Все думают, я не умею врать. У меня подвижное открытое лицо и «говорящие» глаза – все эмоции сразу же отражаются, и Джуд иногда шутит, что видит, как я думаю. Именно поэтому мне удалось скрыть от всех то, в чем я признаваться не хотела. Никому даже в голову не пришло, что я смогла бы скрыть нечто подобное, скрыть хоть что-то. Но я смогла.
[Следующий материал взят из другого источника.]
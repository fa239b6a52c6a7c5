// The pixel edges of a box in four lent integers: left, right, top, bottom.
ghost use Rattle.std.specs.Prelude.{◌≡◌};
ghost use Rattle.pixels.specs.Told.{edges_in, edges_told};

use geometry::Rect;
use refusal::Refusal;

pub const EDGES: usize = 4;

// The order of the C interface.
fn edges_in(p: Rect<i32>) -> [i32; EDGES]
    ensures { result ≡ edges_in p }
{
    [p.left, p.right, p.top, p.bottom]
}

// The result of a call, as the C interface has it: a number. Unless it was refused, the edges are written.
#[tactic(auto, unfolding(crate::specs::Told::edges_told))]
pub fn tell(p: Result<Rect<i32>, Refusal>, edges: &mut [i32; EDGES]) -> u32
    ensures { record { result = result; edges = edges.new } ≡ edges_told p edges.old }
{
    match p {
        Ok(rect) => {
            *edges = edges_in(rect);
            0
        }
        Err(refusal) => u32::from(refusal),
    }
}
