// Whole pixels (request #101): the pixel edges of a box, from its layout and the area's offset. 1.0 of a layout is one pixel.
#![tactic(auto)]

ghost use Rattle.std.specs.Prelude.{◌≡◌, ◌≤◌, nat_abs};
ghost use Rattle.pixels.specs.Accepted.{signed, accepted, in_eighths};
ghost use Rattle.pixels.specs.Pixels.{floor, pixel_of, line_of, all_accepted, pixel_edges};

use geometry::{Line, Point, Rect, Size};
use refusal::Refusal;
use tree::layout::Layout;
use util::eighths;
use util::eighths::Count;

pub mod lent;

// Whether a number is a whole eighth and at most 9,999,999 eighths in size.
#[tactic(auto, unfolding(crate::specs::Accepted::accepted))]
pub fn is_accepted(x: f32) -> bool
    ensures { result ≡ accepted x }
{
    eighths::to_eighths(x).is_some()
}

// The integer of a count.
// Its bound is a clause, here and where counts are added (`reach`): a type would need another one after each sum, and no const argument is worked out.
fn integer(count: Count) -> i64
    requires { count.size ≤ 9999999 }
    ensures { result ≡ signed count.negative count.size }
{
    let size = count.size as i64;
    if count.negative { -size } else { size }
}

// A number in eighths: 0 where it isn't accepted, as the law `ElseZero` has it. Who adds these has tested them all before (`are_accepted`), and
// would open an `Option` at each sum.
#[tactic(auto, using(util::proofs::Laws::count_is_small), unfolding(crate::specs::Accepted::in_eighths))]
pub fn in_eighths(x: f32) -> i64
    ensures value { result ≡ in_eighths x }
    ensures small { nat_abs result ≤ 9999999 }
{
    match eighths::to_eighths(x) {
        None => 0,
        Some(count) => integer(count),
    }
}

// The floor of m / 8. `/` rounds toward zero, so a negative m, which is -(k + 1), goes by its k. It is written out, and is no `div_euclid`, since
// docs/DECISIONS.md requires that form ("Forms of document 01").
pub fn floor8(m: i64) -> i64
    ensures { result ≡ floor m 8 }
{
    if m >= 0 { m / 8 } else { -1 - (-1 - m) / 8 }
}

// The pixel edge of a position of n eighths: the nearest, and of two the one to the right or further down.
#[tactic(auto, unfolding(crate::specs::Pixels::pixel_of))]
fn pixel(n: i64) -> i32
    requires { nat_abs n ≤ 29999997 }
    ensures { result ≡ pixel_of n }
{
    floor8(n + 4) as i32
}

// The two pixel edges along one axis. Both are sums in eighths; no size is rounded by itself.
#[tactic(auto, unfolding(crate::specs::Pixels::line_of))]
fn line(at: f32, size: f32, offset: f32) -> Line<i32>
    ensures { result ≡ line_of at size offset }
{
    let start = in_eighths(at) - in_eighths(offset);
    let end = start + in_eighths(size);
    Line {
        start: pixel(start),
        end: pixel(end),
    }
}

// Whether all numbers are accepted.
pub fn are_accepted(numbers: &[f32]) -> bool
    ensures { result ≡ all_accepted numbers.now }
{
    numbers.iter().all(|x| is_accepted(*x))
}

// The pixel edges of a box that stands as `layout` says, its location including the area's offset, as a run writes it. They are counted
// from the area's left and top edge, each within 3,750,000 of it. The box covers the pixels from `left` up to but not including `right`,
// and so from `top` to `bottom`: none where these are equal, or turned round by a negative size. Refused, with 9, where x, y, width,
// height or a coordinate of the offset is a NaN, an infinity, no whole eighth, or above 9,999,999 eighths in size. Inlined, so that neither
// layout nor edges go over the stack.
#[inline(always)]
#[tactic(auto, unfolding(crate::specs::Pixels::pixel_edges, crate::specs::Pixels::edges_of))]
pub fn pixel_edges(layout: Layout, offset: Point<f32>) -> Result<Rect<i32>, Refusal>
    ensures { result ≡ pixel_edges layout offset }
{
    let Layout { location, size, .. } = layout;
    if !are_accepted(&[
        location.x,
        location.y,
        size.width,
        size.height,
        offset.x,
        offset.y,
    ]) {
        return Err(Refusal::NotInEighths);
    }
    // a line for each axis: `Size` has its fields by other names than `Point`
    let x = line(location.x, size.width, offset.x);
    let y = line(location.y, size.height, offset.y);
    Ok(Rect::from_components(x, y))
}
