#[test]
fn packs_known_deposits(rt: HostRuntime) -> Result<(), Fail> {
    law_packing();
    let alloc = rt.alloc();
    let base = no_keys(alloc)?;
    let diff = packed(alloc, DIFF_NAMES, &[], &[], Some(&base))?;
    assert_eq!(rt; diff.as_slice(), framed(alloc, DIFF, &[])?.as_bytes());
    Ok(())
}

#[test]
fn unpacks_no_other_bytes(rt: HostRuntime) -> Result<(), Fail> {
    let alloc = rt.alloc();
    let mut deposit = packed_full(alloc)?;
    deposit.push(b'R')?;
    let reason = unpack(alloc, &deposit)?.err().ok_or("a reason")?;
    let line = format!(in alloc; "{reason}")?;
    assert_eq!(rt;
        line.as_str(),
        "the files have 250 bytes, says the envelope, and 251 are there"
    );
    assert!(rt; unpack(alloc, b"RDE2")?.is_err());
    Ok(())
}

const NEXT_NAME: &[u8] = b"example_2026-08-04_diff_S1_R0.ryde";

/// The chain of a full deposit of 2026-08-02, for one of the next day.
fn chain_of_full(alloc: Global, full: &[u8]) -> Result<Chain, Fail> {
    let name = DepositName::parse(DIFF_NAME)?;
    let first = NamedDeposit {
        name: DepositName::parse(FULL_NAME)?,
        joined: full,
    };
    Ok(Chain::of(alloc, &name, &[first])?.map_err(|_| "a chain")?)
}

#[test]
fn counts_the_keys_after_a_chain(rt: HostRuntime) -> Result<(), Fail> {
    let alloc = rt.alloc();
    let full = packed_full(alloc)?;
    let chain = chain_of_full(alloc, &full)?;
    let diff = packed_diff(alloc, &chain.base)?;
    let name = DepositName::parse(DIFF_NAME)?;
    let (reason, chain) = check(alloc, &name, &diff, Some(chain))?;
    assert!(rt; reason.is_none());
    assert_eq!(rt; chain.ok_or("the chain")?.ids.len(), 1);

    // It counts the keys after another deposit, which only the chain tells.
    let base = no_keys(alloc)?;
    let other = packed_diff(alloc, &base)?;
    assert!(rt; check(alloc, &name, &other, None)?.0.is_none());
    let chain = chain_of_full(alloc, &full)?;
    let (reason, _) = check(alloc, &name, &other, Some(chain))?;
    let reason = reason.ok_or("a reason")?;
    let line = format!(in alloc; "{reason}")?;
    assert_eq!(rt;
        line.as_str(),
        "urn:ietf:params:xml:ns:csvContact-1.0 counts 0, 1 are there"
    );
    Ok(())
}

#[test]
fn chains_two_deposits(rt: HostRuntime) -> Result<(), Fail> {
    let alloc = rt.alloc();
    let mut bytes = packed_full(alloc)?;
    let chain = chain_of_full(alloc, &bytes)?;
    let diff = packed_diff(alloc, &chain.base)?;
    let length = bytes.len();
    bytes.extend_from_slice(&diff)?;
    let (full, diff) = bytes.split_at(length);
    let given = [
        NamedDeposit {
            name: DepositName::parse(FULL_NAME)?,
            joined: full,
        },
        NamedDeposit {
            name: DepositName::parse(DIFF_NAME)?,
            joined: diff,
        },
    ];
    let name = DepositName::parse(b"example_2026-08-05_diff_S1_R0.ryde")?;
    let chain = Chain::of(alloc, &name, &given)?.map_err(|_| "a chain")?;
    assert_eq!(rt; chain.ids.len(), 2);
    assert!(rt; chain.previous_id(Kind::Diff) == DepositId::parse(DIFF_ID));
    assert!(rt; chain.previous_id(Kind::Incr) == DepositId::parse(FULL_ID));
    assert!(rt; chain.previous_id(Kind::Full).is_none());
    Ok(())
}

/// Why deposits are no chain for one of a name.
fn fault(alloc: Global, name: &[u8], given: &[NamedDeposit]) -> Result<Option<ChainFault>, Fail> {
    let name = DepositName::parse(name)?;
    Ok(Chain::of(alloc, &name, given)?.err())
}

#[test]
fn tells_where_a_chain_breaks(rt: HostRuntime) -> Result<(), Fail> {
    let alloc = rt.alloc();
    let full = packed_full(alloc)?;
    let given = [
        NamedDeposit {
            name: DepositName::parse(FULL_NAME)?,
            joined: &full,
        },
        NamedDeposit {
            name: DepositName::parse(DIFF_NAME)?,
            joined: &full,
        },
    ];
    let given = &given[..];
    let broken = fault(alloc, NEXT_NAME, given)?;
    assert_eq!(rt; broken, Some(ChainFault::Deposit(1)));
    let broken = fault(alloc, NEXT_NAME, &given[1..])?;
    assert_eq!(rt; broken, Some(ChainFault::Deposit(0)));
    let broken = fault(alloc, DIFF_NAME, given)?;
    assert_eq!(rt; broken, Some(ChainFault::Order));
    let broken = fault(alloc, NEXT_NAME, &given[..0])?;
    assert_eq!(rt; broken, Some(ChainFault::Missing));
    Ok(())
}

/// The names of deposits, and why the differential one of 2026-08-05 follows none of them.
const GIVEN: [(&[u8], Option<LeftOut>); 8] = [
    (
        b"example_2026-07-26_full_S1_R0.ryde",
        Some(LeftOut::BeforeFull),
    ),
    (
        b"example_2026-07-27_diff_S1_R0.ryde",
        Some(LeftOut::BeforeFull),
    ),
    (FULL_NAME, Some(LeftOut::Replaced)),
    (b"example_2026-08-02_full_S1_R1.ryde", None),
    (DIFF_NAME, None),
    (b"example_2026-08-05_diff_S1_R0.ryde", Some(LeftOut::Itself)),
    (
        b"example_2026-08-05_diff_S1_R1.ryde",
        Some(LeftOut::NotEarlier),
    ),
    (
        b"example_2026-08-09_full_S1_R0.ryde",
        Some(LeftOut::NotEarlier),
    ),
];

#[test]
fn follows_the_deposits_since_the_latest_full_one(rt: HostRuntime) -> Result<(), Fail> {
    let alloc = rt.alloc();
    let mut names = Vec::new(alloc);
    for (name, _) in &GIVEN {
        names.push(DepositName::parse(name)?)?;
    }
    let name = DepositName::parse(b"example_2026-08-05_diff_S1_R0.ryde")?;
    for (one, (_, reason)) in names.iter().zip(&GIVEN) {
        assert!(rt; left_out(&names, &name, one) == *reason);
    }
    Ok(())
}

/// Files of tables and of deleted keys, and what is told of them.
type Case = (Names, &'static [File], &'static [File], &'static str);

static REFUSED: [Case; 12] = [
    (
        (SUNDAY_NAME, DIFF_ID, FULL_ID),
        &[],
        &[],
        "U1 2026-08-09 is a Sunday, and the deposit is not full",
    ),
    (
        (FULL_NAME, DIFF_ID, DIFF_ID),
        TABLES,
        &[],
        "U2 a full deposit follows none",
    ),
    (
        (DIFF_NAME, DIFF_ID, NO_ID),
        &[],
        &[],
        "U2 a differential deposit follows the latest that passed",
    ),
    (
        FULL_NAMES,
        TABLES,
        GONE,
        "U3 deletes/host.csv: a full deposit deletes nothing",
    ),
    (
        DIFF_NAMES,
        &[],
        &[(TableName::HostAddresses, b"fName\n")],
        "U3 deletes/hostAddresses.csv: only domains, hosts, contacts and registrars are deleted",
    ),
    (
        DIFF_NAMES,
        &[],
        &[(TableName::Host, b"ns1.a.example\n")],
        "U4 deletes/host.csv: the first row is not the names of its columns",
    ),
    (
        DIFF_NAMES,
        &[(
            TableName::Registrar,
            b"fId,fName,fGurid,fStatus\nR1,Example,0292,ok\n",
        )],
        &[],
        "U5 registrar.csv row 1 fGurid: not an IANA ID or empty: 0292",
    ),
    (
        DIFF_NAMES,
        &[],
        &[(TableName::Host, b"fName\nns1.a.example\nns1.a.example,\n")],
        "U5 deletes/host.csv row 2: 2 fields, 1 are wanted",
    ),
    (
        FULL_NAMES,
        CHANGES,
        &[],
        "U6 contents 1: registrar, domain is wanted",
    ),
    (
        DIFF_NAMES,
        &[
            (TableName::Host, b"fName,fRoid,fClID,fCrDate\n"),
            (
                TableName::Domain,
                b"fName,fRoid,fRegistrant,fClID,fCrDate,fExDate\n",
            ),
        ],
        &[],
        "U6 contents 2: domain behind host",
    ),
    (
        FULL_NAMES,
        UNSPONSORED,
        &[],
        "U7 domain.csv row 1 fClID: no registrar: R1",
    ),
    (
        DIFF_NAMES,
        CHANGES,
        GONE,
        "U8 the deposits that it follows are wanted",
    ),
];

#[test]
fn tells_why_objects_are_not_packed(rt: HostRuntime) -> Result<(), Fail> {
    law_refusals();
    let alloc = rt.alloc();
    for (names, contents, deletes, wanted) in &REFUSED {
        let line = told_of_files(alloc, *names, contents, deletes)?;
        assert_eq!(rt; line.as_str(), *wanted);
    }

    // No test has so many objects.
    let line = format!(in alloc; "{}", PackError::Count(TableName::Host))?;
    assert_eq!(rt; line.as_str(), "U9 host.csv: more than a count holds");
    Ok(())
}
Долгие годы эта история была погребена так глубоко, что даже я искренне считала, что она прошла для меня даром, никак не задела. Память постепенно раскалывалась на дробные фрагменты, рассыпалась по телу, растворялась в крови, въедалась в костный мозг. Мое сознание меня защищало, стремительно размывая острые грани произошедшего, стирая подробности грубыми, топорными мазками. Через несколько недель я не смогла восстановить подробности, через месяц любая мысль о насилии гасилась мгновенно: ничего не было. Это было похоже на то, как ловишь снежинки на ладонь: за один взмах ресниц сложный узор успевает отпечататься на сетчатке и растаять, и ты так и не успел ее рассмотреть. Лишь мутные, топкие сны еще долго тревожили меня повторяющимися, жуткими картинками: лицо Фреда, нависшее надо мной, его руки, застегивающие ремень, ощущение хвойного дыхания на своей шее. Через несколько лет исчезли и они. Желтое платье я выбросила.
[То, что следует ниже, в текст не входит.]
// The elements of a phrase, and what each asks of a token. Below the kinds here, which start above all classes, an
// element is a token of that class.
// Stays: an element is a number, since `suits` and `in_range` answer for every number, and most elements are classes.
ghost use Rattle.std.specs.Prelude.{◌≡◌, ◌||◌};
ghost use Rattle.values.specs.Numbers.{value_at};
ghost use Rattle.ll1.specs.ParseTable.{member};
ghost use Rattle.grammar.specs.Ranges.{within, keeps};
ghost use Rattle.elements.specs.Kinds.{numbers, flag_classes, numeric_classes, starts_of, element_range};

use crate::flags::{display, size};
use lex::Token;
use lexemes::classes::*;

// A number of 1 to 65,535: of a form, a goto, a written question or a questionref.
pub const ID: u8 = 128;

// A number of 0 to 65,535: of a string or a label.
pub const SMALL: u8 = 129;

// Any other number, below 2^64.
pub const LARGE: u8 = 130;

// A numeric's minimum, maximum, step or default. Whether it fits the numeric's size is told when all of these are read.
pub const NUMERIC_VALUE: u8 = 131;

// An option's flags: the number 0, or DEFAULT.
pub const OPTION_FLAGS: u8 = 132;

// What a questionref names: a name, or a number of 1 to 65,535.
pub const REFERENCE: u8 = 133;

// TRUE or FALSE.
pub const TRUTH: u8 = 134;

// FL: one or more flag words with `|` between.
pub const FLAG_LIST: u8 = 135;

// FL of a numeric.
pub const NUMERIC_FLAGS: u8 = 136;

// A hex number of at most 8, 4 or 2 digits.
pub const H8: u8 = 137;

pub const H4: u8 = 138;

pub const H2: u8 = 139;

// The next four elements may be absent; they are there where the next token is the first of them.
pub const MAYBE: u8 = 140;

// How many elements MAYBE speaks of.
pub const GROUP: usize = 4;

fn is_number(class: u8) -> bool
    ensures { result ≡ member class numbers }
{
    matches!(class, DECIMAL | HEX)
}

fn is_flag(class: u8) -> bool
    ensures { result ≡ member class flag_classes }
{
    matches!(class, READ_ONLY | INTERACTIVE | RESET_REQUIRED)
}

// A word of a numeric's FL.
fn is_numeric_flag(class: u8) -> bool
    ensures { result ≡ member class numeric_classes }
{
    is_flag(class) | size(class).is_some() | display(class).is_some()
}

// A token of the class can be, or start, the element.
#[tactic(auto, unfolding(crate::specs::Kinds::starts_of))]
pub fn suits(want: u8, class: u8) -> bool
    ensures { result ≡ member class (starts_of want) }
{
    if want < ID {
        return class == want;
    }
    if want < OPTION_FLAGS {
        return is_number(class);
    }
    match want {
        OPTION_FLAGS => is_number(class) | (class == DEFAULT),
        REFERENCE => (class == NAME) | is_number(class),
        TRUTH => (class == TRUE) | (class == FALSE),
        FLAG_LIST => is_flag(class),
        NUMERIC_FLAGS => is_numeric_flag(class),
        _ => class == HEX,
    }
}

// The value of the number at a place lies between two numbers.
fn is_between(src: &[u8], at: usize, low: u64, high: u64) -> bool
    ensures { result ≡ within low high (value_at src.now at) }
{
    values::value_at(src, at).is_some_and(|n| low <= n && n <= high)
}

// A word stands in the number's place, or the number lies between two others.
fn word_or_between(src: &[u8], at: usize, word: bool, low: u64, high: u64) -> bool
    ensures { result ≡ (word || within low high (value_at src.now at)) }
{
    word || is_between(src, at, low, high)
}

// The token, which suits the element, keeps the element's range.
#[tactic(auto, unfolding(crate::specs::Kinds::element_range, grammar::specs::Ranges::range_of, grammar::specs::Ranges::keeps))]
pub fn in_range(src: &[u8], token: Token, want: u8) -> bool
    ensures { result ≡ keeps src.now (element_range want token.class) token.start }
{
    let at = token.start;
    match want {
        ID => is_between(src, at, 1, 65535),
        SMALL => is_between(src, at, 0, 65535),
        LARGE => is_between(src, at, 0, 18446744073709551615),
        OPTION_FLAGS => word_or_between(src, at, token.class == DEFAULT, 0, 0),
        REFERENCE => word_or_between(src, at, token.class == NAME, 1, 65535),
        H8 => values::digits_at(src, at) <= 8,
        H4 => values::digits_at(src, at) <= 4,
        H2 => values::digits_at(src, at) <= 2,
        _ => true,
    }
}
Первый звоночек прозвенел, когда однажды в разговоре с Глорией на тему отвратительных партнеров я хотела пошутить про Фреда – и не смогла. Мой рот тогда открылся и закрылся, не в силах выдавить ни слова. Я убедила себя, что это тоже ничего не значит.
Лишь четверть века спустя, достав откуда-то из тайников души мрачную и ужасную историю о девушке Шелене, я задумаюсь над тем, почему же обхожусь со своей героиней столь жестоко, почему причиняю ей столько боли и заставляю испытывать вину.
И ответ мне не понравится.
Глава 41. Сумерки
2007
Лежать на диване было хорошо. Удобная подушка позволяла долго поддерживать скрюченную позу, ноги укутывал мягкий флисовый плед. По телевизору шла передача о садоводстве, я сосредоточенно следила за особенностями возделывания земляники, не забывая потягивать разбавленный колой виски из низкого, тяжелого стакана.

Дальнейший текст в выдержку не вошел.